How to Engage Students in the First few Minutes | Ken's Odds & Ends | Scoop.it
In the first 5 minutes, I can tell how a lesson is going to be received. Here are 5 tips for how to engage students at the start of the lesson.

Via Evdokia Roka
Ken Morrison's insight:
I have a wonderful friend who is currently a student teacher. I absolutely love chatting to her about her experiences and questions, as she challenges me to reflect on my own practice: to re-evaluate my strategies; to work out what it is I do and why; to tweak what isn’t working. Her questions are always intelligent, thought-provoking and full of exciting curiosity – she is going to make an exceptional teacher. A few weeks ago she asked me how to get students to ‘come to the party’; how to entice them to engage and participate in the learning experience so that it wasn’t a one-sided affair. Yikes! What a question.
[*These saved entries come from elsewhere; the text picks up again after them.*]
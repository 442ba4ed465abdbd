//! Readers of PRINT, and of WRITE to the asterisk unit (ISO/IEC 1539-1:2018, 12.6).

ghost use Rattle.std.specs.Prelude.{◌≡◌, codes, map};
ghost use Rattle.action_reader.specs.Beginnings.{begins};
ghost use Rattle.expr_reader.specs.Results.{Gives};
ghost use Rattle.expr_reader.specs.Words.{token_of, tokens_of};
ghost use Rattle.fortran_tree.specs.ActionViews as forms;
ghost use Rattle.fortran_tree.specs.Statements as tree;
ghost use Rattle.keyword_reader.specs.Families as families;
ghost use Rattle.statement_reader.specs.Actions as actions;
ghost use Rattle.statement_reader.specs.Keywords.{after, made};
ghost use Rattle.statement_reader.specs.Statements as statements;

use action_reader::key::key;
use action_reader::reads::{Reads, further, in_round, list};
use expr_reader::error::{ReadError, expected};
use expr_reader::expr::expression;
use expr_reader::one::{begins_with, sign};
use expr_reader::token::opens;
use expr_reader::word::{Word, WordKind};
use fortran_tokens::token::Sign;
use fortran_tree::action::{ActionForm, Format, Item};
use fortran_tree::name::Literal;
use std::alloc::Global;

/// The token is a character literal.
fn is_literal(word: &Word) -> bool
    ensures { result ≡ statements.is_literal (token_of word.now) }
{
    matches!(word.kind, WordKind::Literal(_))
}

/// The words begin with a character literal.
#[tactic(auto, using(crate::proofs::Keyed::keyed_laws))]
fn begins_with_literal(words: &[Word]) -> bool
    ensures { result ≡ begins statements.is_literal (tokens_of words.now) }
{
    match words.split_first() {
        Some((first, _)) => is_literal(first),
        None => false,
    }
}

/// The words begin with what may begin an item.
#[tactic(auto, using(crate::proofs::Keyed::keyed_laws))]
fn begins_with_item(words: &[Word]) -> bool
    ensures { result ≡ begins actions.begins_item (tokens_of words.now) }
{
    match words.split_first() {
        Some((first, _)) => is_literal(first) || opens(1, first),
        None => false,
    }
}

/// A character literal (R724).
#[tactic(auto, using(crate::proofs::Keyed::keyed_laws))]
fn literal(words: &[Word]) -> Result<(Literal, &[Word]), ReadError>
    ensures { Gives (λ r. (r.0, tokens_of r.1.now)) result (statements.a_literal (tokens_of words.now)) }
{
    let Some((first, rest)) = words.split_first() else {
        return Err(expected(0));
    };
    let WordKind::Literal(text) = &first.kind else {
        return Err(expected(words.len()));
    };
    let literal = Literal {
        text: text.copy()?,
        at: first.at,
    };
    Ok((literal, rest))
}

/// A format (R1215): an asterisk or a character literal.
#[tactic(auto, using(crate::proofs::Keyed::keyed_laws))]
fn format(words: &[Word]) -> Result<(Format, &[Word]), ReadError>
    ensures { Gives (λ r. (forms.format r.0, tokens_of r.1.now)) result (statements.format_reader (tokens_of words.now)) }
{
    if begins_with(words, Sign::Star) {
        let (_, rest) = sign(words, Sign::Star)?;
        return Ok((Format::Free, rest));
    }
    let (literal, rest) = literal(words)?;
    Ok((Format::Written(literal), rest))
}

/// What stands in the brackets of WRITE: the asterisk unit and a format (R1213).
pub struct UnitAndFormat;

impl Reads for UnitAndFormat {
    type Tree = Format;

    ghost Seen = { tree.Format };

    ghost look = { forms.format };

    ghost reader = { actions.written_format };

    #[tactic(auto, using(crate::proofs::Keyed::keyed_laws))]
    fn read<'a>(_: Global, words: &'a [Word], _: u32) -> Result<(Format, &'a [Word]), ReadError> {
        let (_, behind) = sign(words, Sign::Star)?;
        let (_, rest) = sign(behind, Sign::Comma)?;
        format(rest)
    }
}

/// An output item (R1217).
pub struct AnItem;

impl Reads for AnItem {
    type Tree = Item;

    ghost Seen = { tree.Item };

    ghost look = { forms.item };

    ghost reader = { families.an_item };

    #[tactic(auto, using(crate::proofs::Keyed::keyed_laws))]
    fn read<'a>(
        alloc: Global,
        words: &'a [Word],
        left: u32,
    ) -> Result<(Item, &'a [Word]), ReadError> {
        if begins_with_literal(words) {
            let (literal, rest) = literal(words)?;
            return Ok((Item::Literal(literal), rest));
        }
        let (value, rest) = expression(alloc, words, left)?;
        Ok((Item::Value(value), rest))
    }
}

/// PRINT (R1212).
#[tactic(auto, using(crate::proofs::Keyed::keyed_laws))]
pub(crate) fn print<'a>(
    alloc: Global,
    words: &'a [Word],
    left: u32,
) -> Result<(ActionForm, &'a [Word]), ReadError>
    ensures { Gives (λ r. (forms.action_statement r.0, tokens_of r.1.now)) result (after (codes "print") (made (actions.of_two tree.print) actions.a_print) left (tokens_of words.now)) }
{
    let rest = key(words, b"print")?;
    let (format, rest) = format(rest)?;
    match further::<AnItem>(alloc, rest, left) {
        Ok((items, rest)) => Ok((ActionForm::Print { format, items }, rest)),
        Err(e) => {
            drop(format);
            Err(e)
        }
    }
}

/// Items with commas between them, or none.
#[tactic(auto, using(crate::proofs::Keyed::keyed_laws))]
fn maybe_items<'a>(
    alloc: Global,
    words: &'a [Word],
    left: u32,
) -> Result<(Vec<Item>, &'a [Word]), ReadError>
    ensures { Gives (λ r. (map forms.item r.0.items, tokens_of r.1.now)) result (families.maybe_items left (tokens_of words.now)) }
{
    if !begins_with_item(words) {
        return Ok((Vec::new(alloc), words));
    }
    list::<AnItem>(alloc, words, left)
}

/// WRITE to the asterisk unit (R1211).
#[tactic(auto, using(crate::proofs::Keyed::keyed_laws))]
pub(crate) fn write<'a>(
    alloc: Global,
    words: &'a [Word],
    left: u32,
) -> Result<(ActionForm, &'a [Word]), ReadError>
    ensures { Gives (λ r. (forms.action_statement r.0, tokens_of r.1.now)) result (after (codes "write") (made (actions.of_two tree.print) actions.a_write) left (tokens_of words.now)) }
{
    let rest = key(words, b"write")?;
    let (format, rest) = in_round::<UnitAndFormat>(alloc, rest, left)?;
    match maybe_items(alloc, rest, left) {
        Ok((items, rest)) => Ok((ActionForm::Print { format, items }, rest)),
        Err(e) => {
            drop(format);
            Err(e)
        }
    }
}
This got me thinking and I came to an interesting realisation: In the first five minutes, I can tell how a lesson is going to be received. Really. If, after the introductory minutes, my student have already slumped down into their seats, are gazing out the window or surreptitiously texting under their desks (yes, we do realize that is what you are doing; we don’t think that you are just staring at your crotch), then I know my job for the next 45 minutes is going to be a lot more difficult. I set the scene for my lesson in those first five minutes. Somehow, I need to ‘hook’ them in, pique their interest, give them a reason to be invested in what they are going to learn. I realise this is no small feat, so here are 5 tips for breaking with routine and shaking thinks up at the start of the lesson: 1. Rearrange the desks. (There is something about rearranged desks that makes students curious about the upcoming lesson..."What will happen today?" 2. Tell them not to take out their books. (this mixes up routine) 3. Ask a thought-provoking question. 4. Play a video clip. (strategically) 5. Play a game. (occasionally - very short)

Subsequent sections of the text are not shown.